China is facing accusations of sending people to so-called “quarantine camps” just a few weeks ahead of the Winter Olympics.
Videos, purportedly from China, showing brutal and sparse-looking quarantine camps with cell-like buildings surfaced on social media amid the country’s lockdown of its third city.
On Monday, the Associated Press reported that China has locked down the city of Anyang, home to 5.5 million people, after two cases of the Omicron variant were reported. The city’s lockdown comes amid the ongoing lockdown of the city of Xi’an, home to 13 million people, and Yuzhou, which has a population of 1.1 million. However, it is unclear how long China plans to maintain the policy.
With the Winter Olympics approaching, which opens on February 4 in Beijing, the emergence of the Omicron variant has reportedly brought back massive lockdowns in a bid to curb outbreaks and prevent them from spreading to other parts of the country.
Videos posted on Twitter show staff in white hazmat suits standing near rows of small white cubicles lined up on the grounds of a sports stadium.

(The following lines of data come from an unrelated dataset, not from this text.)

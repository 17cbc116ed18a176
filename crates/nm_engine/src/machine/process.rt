//! Adding and removing processes.

ghost use Rattle.std.specs.Prelude.{Err, length, true, ◌<◌, ◌^◌, ◌≡◌};
ghost use Rattle.nm_model.specs.definitions.AreaRefusal.{overlaps};
ghost use Rattle.std.specs.List.{list_any};
ghost use Rattle.nm_engine.specs.definitions.Does.{AsksLast, Makes};
ghost use Rattle.nm_model.specs.definitions.Effect.{exit, exit_refusal, spawn, spawn_refusal};

use crate::machine::Machine;
use nm_areas::PageRange;
use nm_types::limits::{MAX_PROCESSES, PAGE_NUMBERS};
use nm_types::{Errno, MachineError, NodeId, NodeMask, Pid, ProcessInfo, Vpn};
use std::alloc::Allocator;

impl<A: Allocator + Copy + Send + Sync> Machine<A> {
    /// Adds a process, with the credentials and the cpuset of credentials(7), capabilities(7) and cpuset(7). The home
    /// node need be neither allowed nor online.
    ///
    /// Errors, in order: EINVAL if the pid is 0 or alive, the home is not a node of the machine, or the allowed set is
    /// empty or has a node that the machine does not have; ENOMEM if 1,024 processes are alive.
    pub fn spawn(
        &mut self,
        pid: Pid,
        uid: u32,
        home: NodeId,
        allowed: NodeMask,
        privileged: bool,
    ) -> Result<(), MachineError>
        ensures done { Makes result self.old self.new (spawn_refusal self.old pid home allowed)
            (spawn self.old pid uid home allowed privileged) }
        ensures memory { AsksLast result (spawn_refusal self.old pid home allowed) }
    {
        let count = self.frames.geometry().node_count();
        if pid.number() == 0
            || self.spaces.info(pid).is_some()
            || home.index() >= count
            || allowed.is_empty()
            || allowed.has_beyond(count)
        {
            return Err(MachineError::Refused(Errno::Einval));
        }
        if self.spaces.len() >= MAX_PROCESSES {
            return Err(MachineError::Refused(Errno::Enomem));
        }
        let info = ProcessInfo {
            uid,
            privileged,
            home,
            allowed,
        };
        self.spaces.add(pid, info)?;
        Ok(())
    }

    /// Ends a process: it loses all that it has, as by one `unmap`, and its pid may be used again.
    ///
    /// Errors, in order: ESRCH if there is no such process; EBUSY if one of its areas shows a page with a pin. Allocates
    /// only if the process has an area, and a page has a frame.
    pub fn exit(&mut self, pid: Pid) -> Result<(), MachineError>
        ensures done { Makes result self.old self.new (exit_refusal self.old pid)
            (exit self.old pid) }
        ensures memory { AsksLast result (exit_refusal self.old pid) }
        ensures allocates { result ≡ Err MachineError.HostMemory →
            list_any (overlaps pid 0 (2 ^ 35)) self.old.areas ≡ true }
        ensures needed { result ≡ Err MachineError.HostMemory → 0 < length self.old.place }
    {
        if self.spaces.info(pid).is_none() {
            return Err(MachineError::Refused(Errno::Esrch));
        }
        let first = Vpn::new(0);
        let end = Vpn::new(PAGE_NUMBERS);
        if self.shows_pinned(pid, first, end) {
            return Err(MachineError::Refused(Errno::Ebusy));
        }
        self.let_go(pid, PageRange { first, end })?;
        self.spaces.remove_task(pid);
        Ok(())
    }
}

Millions of chinese people are living in covid quarantine camps now!
2022/1/9 pic.twitter.com/wO1cekQhps— Songpinganq (@songpinganq) January 9, 2022
Other footage, detailed by the New York Post, appears to have been taken from one of the cells, with the occupant showing its bare interior.
As the Post reported:
Another clip going viral on Chinese social media shows staff — again fully decked out in protective clothing — going around leaving trays of food on shelves outside the prefab units.
One Twitter user claimed “millions” have been moved to the camps, mostly in Xi’an.
“There is nothing here, just basic necessities… Nobody has come to check up on us,” said a Weibo post, according to the BBC. The poster alleged that “more than a thousand people” were forced into the quarantine camps, including children and pregnant women, in the middle of the night.
Sometimes kids will be locked alone without their parents guardianship. pic.twitter.com/8TC9XxlfYt
— Songpinganq (@songpinganq) January 9, 2022
In the first days of the pandemic, videos from China purported to show men and women going into seizures or simply dropping unconscious while standing in line at clinics or in the middle of the street. The scary footage, which promptly went viral, prompted numerous world governments to institute widespread lockdowns, social distancing, and restrictions on international travel, much of which remains in place.